Earlier this week, the government ordered cellcos in Islamabad and Rawalpindi to suspend mobile services in response to the arrival of Tahirul Qadri, an opposition figure who has accused the administration of Prime Minister Nawaz Sharif of being corrupt and anti-democratic. The cellular shutdown was part of a number of actions – to reportedly include an airport blockade and market closures – to hinder Qadri’s reported plans to fly in from Canada and stage protests against the PM.
The Interior Ministry has said it’s just taking extra security precautions, but critics accuse the government of abusing its power to stifle opposition.

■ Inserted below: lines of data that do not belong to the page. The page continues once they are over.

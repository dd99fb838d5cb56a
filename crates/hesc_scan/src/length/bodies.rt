//! An upper bound of the length of a body encoding.
ghost use Rattle.std.specs.Prelude.{◌≡◌, ◌≤◌, ◌==◌, [], length, if◌then◌else◌, IfSome};
ghost use Rattle.hesc_specs.specs.Text.Ascii.{less_than};
ghost use Rattle.hesc_specs.specs.Bodies.Encoding.{body_encoding};
ghost use Rattle.hesc_specs.specs.declared.elements.Element.{Element};

use crate::length::added::{AddedLength, total_length};
use std::simd::prelude::*;

/// As many bytes as the body encoding of these bytes has or more, for each element, and 0 where it
/// has none; `None` where the count would pass the greatest `usize`.
///
/// `body_bound(b"</script>")` is `Some(10)`: a byte more for each `<`.
pub fn body_bound(bytes: &[u8]) -> Option<usize>
    ensures enough { (element : Element) →
        IfSome result (λ bound. length (body_encoding element bytes.now) ≤ bound) }
    ensures empty { (element : Element) →
        IfSome result (λ bound. body_encoding element bytes.now ≡ [] → bound ≡ 0) }
{
    total_length(&OneForEachLess, bytes)
}

// Each opening begins with `<`, and is one byte longer in the encoding.
struct OneForEachLess;

impl AddedLength for OneForEachLess {
    ghost of_byte = { λ added b. if b == less_than then 1 else 0 };

    #[inline(always)]
    fn of_lanes(&self, v: u8x32) -> u8x32 {
        v.simd_eq(u8x32::splat(b'<'))
            .select(u8x32::splat(1), u8x32::splat(0))
    }
}
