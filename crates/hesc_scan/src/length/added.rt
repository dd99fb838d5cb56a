//! How long an encoding is that adds bytes to each byte by itself, summed 32 bytes at a time with no
//! branch: whether 32 bytes hold something to replace is often guessed wrongly.
ghost use Rattle.std.specs.Prelude.{◌≡◌, ◌≤◌, ◌<◌, ◌+◌, ◌*◌, ◌%◌, ◌^◌, ℕ, length, map, IfSome, IsSome};
ghost use Rattle.std.specs.List.{sum_by};
ghost use Rattle.std.specs.Simd.Lanes.{Each1};
ghost use Rattle.hesc_scan.specs.Blocks.{block_bytes};

use crate::block::Block;
use std::simd::prelude::*;

/// How many bytes an encoding adds to each byte, five at most.
pub(crate) trait AddedLength {
    ghost of_byte: { Self → ℕ → ℕ };

    /// How many it adds to each of 32 bytes.
    fn of_lanes(&self, v: u8x32) -> u8x32
        requires { Each1 (λ b. b < 256) v }
        ensures added { result ≡ map (of_byte self.now) v }
        ensures few { Each1 (λ a. a ≤ 5) result };
}

/// The length of the bytes and of what is added to them, or `None` where it would pass the greatest
/// `usize`.
#[inline(always)]
pub(crate) fn total_length<L: AddedLength>(added: &L, bytes: &[u8]) -> Option<usize>
    ensures count { IfSome result (λ count.
        count ≡ length bytes.now + sum_by (L.of_byte added.now) bytes.now) }
    ensures fits { length bytes.now + sum_by (L.of_byte added.now) bytes.now < 2 ^ 64
        → IsSome result }
{
    let mut count = bytes.len();
    let mut place = 0;
    'counting: while bytes.len() - place >= 32 {
        let blocks = ((bytes.len() - place) / 32).min(48);
        let end = place + 32 * blocks;
        count = count.checked_add(added_to_blocks(added, &bytes[place..end]) as usize)?;
        place = end;
    }
    if place == bytes.len() {
        return Some(count);
    }
    count.checked_add(added_to_block(added, &Block::rest(bytes, place)) as usize)
}

// What is added to at most 48 blocks, so that each lane's sum is a byte.
#[inline(always)]
fn added_to_blocks<L: AddedLength>(added: &L, bytes: &[u8]) -> u16
    requires whole { length bytes.now % 32 ≡ 0 }
    requires few { length bytes.now ≤ 32 * 48 }
    ensures { result ≡ sum_by (L.of_byte added.now) bytes.now }
{
    let (chunks, _) = bytes.as_chunks::<32>();
    let mut sums = u8x32::splat(0);
    for chunk in chunks {
        sums = sums.strict_add(added.of_lanes(u8x32::from_array(*chunk)));
    }
    sums.cast::<u16>().strict_reduce_sum()
}

#[inline(always)]
fn added_to_block<L: AddedLength>(added: &L, block: &Block) -> u16
    ensures { result ≡ sum_by (L.of_byte added.now) (block_bytes block.now) }
{
    let kept = block.kept(added.of_lanes(block.lanes()));
    kept.cast::<u16>().strict_reduce_sum()
}
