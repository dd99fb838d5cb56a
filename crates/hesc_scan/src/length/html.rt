//! The length of an HTML encoding.
ghost use Rattle.std.specs.Prelude.{◌≡◌, ◌<◌, ◌^◌, length, IfSome, IsSome};
ghost use Rattle.hesc_specs.specs.Text.Classes.{IsHtml};
ghost use Rattle.hesc_specs.specs.Html.{encoding};

use crate::length::added::total_length;
use crate::lookup::entries::Entries;
use crate::lookup::symbols::Symbols;
use hesc_specs::Class;

/// The length of the HTML encoding of these bytes, or `None` where it would pass the greatest
/// `usize`.
///
/// `encoded_length(Class::Text, b"a<b")` is `Some(6)`.
pub fn encoded_length(class: Class, bytes: &[u8]) -> Option<usize>
    requires { IsHtml class }
    ensures count { IfSome result (λ count. count ≡ length (encoding class bytes.now)) }
    ensures fits { length (encoding class bytes.now) < 2 ^ 64 → IsSome result }
{
    match class {
        Class::UnquotedAttribute => total_length(&Symbols, bytes),
        _ => total_length(&Entries::of(class), bytes),
    }
}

According to TeleGeography, the Pakistan government has a history of shutting down mobile networks in the name of security, but despite protests by cellcos and a court order to stop frivolous shutdowns, the practice continues:
… in late 2012 the government began mass mobile blackouts in areas expecting imminent terrorist attacks. Incurring substantial losses as a result of the temporary suspensions of service, the nation’s cellcos challenged the government’s right to close down networks based on ‘vague alert[s]’, the result of which was a court ruling stating that the state must have a cogent reasons and a specific timeframe in order to instruct network operators to shut down operations. Whilst the order had little impact on the interior ministry’s frequent issuance of blackout orders, the practice slowed significantly following changes of leadership at the interior ministry and the Pakistan Telecommunication Authority (PTA) in early 2013.
Even if Pakistan’s mobile customers feel that network blackouts are acceptable as long it prevents terrorists from doing business (and there’s very little evidence that it does, although it does prevent victims of terrorist attacks from calling for help), it must be somewhat galling to put up with sudden and lengthy service outages when the government also imposes heavy taxes – upwards to 40% – on the very mobile services they’re denying everyone in the name of national security.

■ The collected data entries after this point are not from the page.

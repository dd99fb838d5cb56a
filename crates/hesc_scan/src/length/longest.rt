//! Upper bounds of the length of an encoding by the length of its text alone.
ghost use Rattle.std.specs.Prelude.{◌≡◌, ◌≤◌, [], length, IfSome};
ghost use Rattle.hesc_specs.specs.Bodies.Encoding.{body_encoding};
ghost use Rattle.hesc_specs.specs.Text.Escaped.{escaped};
ghost use Rattle.hesc_specs.specs.declared.elements.Element.{Element};

use hesc_specs::Class;

/// As many bytes as the encoding by the class has or more, for any text of this length, and 0 where
/// it has none; `None` where they would pass the greatest `usize`.
///
/// Of `Class::Text` and `a<b` it is 18, where the encoding has 6 bytes.
#[inline(always)]
pub fn longest_escaped(class: Class, text: &str) -> Option<usize>
    ensures enough { IfSome result (λ longest. length (escaped class text.now) ≤ longest) }
    ensures empty { IfSome result (λ longest. escaped class text.now ≡ [] → longest ≡ 0) }
{
    let _class = class;
    // A reference has six bytes at most. No byte becomes more than four of an escape.
    text.len().checked_mul(6)
}

/// The same for the body encoding of these bytes, for each element.
///
/// Of `</b>` it is 8, where the encoding has 4 bytes.
#[inline(always)]
pub fn longest_body(bytes: &[u8]) -> Option<usize>
    ensures enough { (element : Element) →
        IfSome result (λ longest. length (body_encoding element bytes.now) ≤ longest) }
    ensures empty { (element : Element) →
        IfSome result (λ longest. body_encoding element bytes.now ≡ [] → longest ≡ 0) }
{
    bytes.len().checked_mul(2)
}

Last week, the Consumer Rights Protection Council of Pakistan (CRPC) urged the finance ministry to lower telecoms taxes. According to PakTribune, CRPC president Shakeel Baig said 80% of Pakistan's total subscriber base is already below the threshold of taxable income:
"The taxation rates, as proposed in the federal budget 2014-2015, are unjustifiable."
"The finance ministry should immediately reduce withholding tax to 5% and bring the federal excise duty to a single digit," Baig told the media.

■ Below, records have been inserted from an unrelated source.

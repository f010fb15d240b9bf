//! What any call may come to, whatever its rules: a refusal, which changes nothing, or a new node
//! or a node's step to be written down, with what is told of it. Where an order looks, and whether
//! what a step posts finds room, are here too. Each public function takes any values.
#![tactic(auto)]

ghost use Rattle.std.specs.Prelude.{◌≡◌, length, Ok};
ghost use Rattle.refusal.specs.Rules.{checked, first};
ghost use Rattle.parts.specs.Posts.{posted as listed};
ghost use Rattle.node.specs.Shape.{declared_of};
ghost use Rattle.node.specs.Actions.{effect, coded};
ghost use Rattle.protocol.specs.Calls.{stepped};
ghost use Rattle.protocol.specs.Answer.{answered};
ghost use Rattle.decision.specs.Decided.{spots_of, decided, adding, stepping, delivering, room_tests};

use access::{Change, Spots};
use node::{Node, Outcome, Peer, Step};
use parts::{Posts, Status};
use protocol::{Order, Reply};
use refusal::Refusal;
use report::Report;

/// What a call comes to that the network does not refuse: the change to be carried out, and what is
/// told. A create that its node refuses is one too: it tells that, and writes the node as it was.
#[derive(Clone, Copy)]
pub struct Decision {
    pub change: Change,
    pub report: Report,
}

/// Where an order looks.
pub fn spots(order: Order) -> Spots
    ensures { result ≡ spots_of order }
{
    match order {
        Order::Declare(_) => Spots::default(),
        Order::Create(node) | Order::Leave(node) => Spots {
            node,
            ..Spots::default()
        },
        Order::Join { node, left, right } => Spots { node, left, right },
    }
}

// What is told of a node's step.
fn report_of(verdict: Result<Outcome, Refusal>, posts: Posts) -> Report
    ensures { (answered result.answer ≡ stepped (coded verdict)) × (result.posted ≡ length (listed posts)) }
{
    Report {
        answer: verdict.map(Reply::Stepped),
        posted: u32::from(posts.count()),
    }
}

/// The step of a node, to be written down.
#[inline(always)]
pub fn stepping(number: u8, step: Step) -> Decision
    ensures { decided (Ok result) ≡ stepping number (effect step) }
{
    Decision {
        change: Change::Step {
            number,
            node: step.node,
            posts: step.posts,
        },
        report: report_of(step.verdict, step.posts),
    }
}

/// The step of a node on the message at a place, to be written down with the message taken.
#[inline(always)]
pub fn delivering(place: u8, number: u8, step: Step) -> Decision
    ensures { decided (Ok result) ≡ delivering place number (effect step) }
{
    Decision {
        change: Change::Deliver {
            place,
            number,
            node: step.node,
            posts: step.posts,
        },
        report: report_of(step.verdict, step.posts),
    }
}

/// The record of a node just declared (R1.4).
pub fn declared(key: u32) -> Node
    ensures { result ≡ declared_of key }
{
    Node {
        status: Status::Out,
        key,
        left: None,
        right: None,
        lseq: sequence::first(),
        rseq: None,
    }
}

#[inline(always)]
pub fn adding(number: u8, key: u32) -> Decision
    ensures { decided (Ok result) ≡ adding number key }
{
    Decision {
        change: Change::Add(declared(key)),
        report: Report::told(Ok(Reply::Declared { number, key })),
    }
}

#[inline(always)]
pub fn check_room(waiting: u8, posts: Posts) -> Result<(), Refusal>
    ensures { checked result ≡ first (room_tests waiting (listed posts)) }
{
    refusal::refuse_if(!access::has_room(waiting, posts), Refusal::QueueFull)
}

/// A neighbour, with its own key.
pub fn peer(number: u8, node: Node) -> Peer
    ensures { result ≡ record { number = number; key = node.key } }
{
    Peer {
        number,
        key: node.key,
    }
}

It’s not an unreasonable request, especially if the government insists on shutting off service at a moment’s notice.
Anyway, it’s something for Pakistan’s new 4G licensees to look forward to.
Meanwhile, Newsweek Pakistan reports that Prime Minister Sharif ordered the PTA to bar SIMs from Afghanistan from roaming into Pakistan “to combat anti-state and criminal activities of terrorists based in Pakistan’s tribal areas."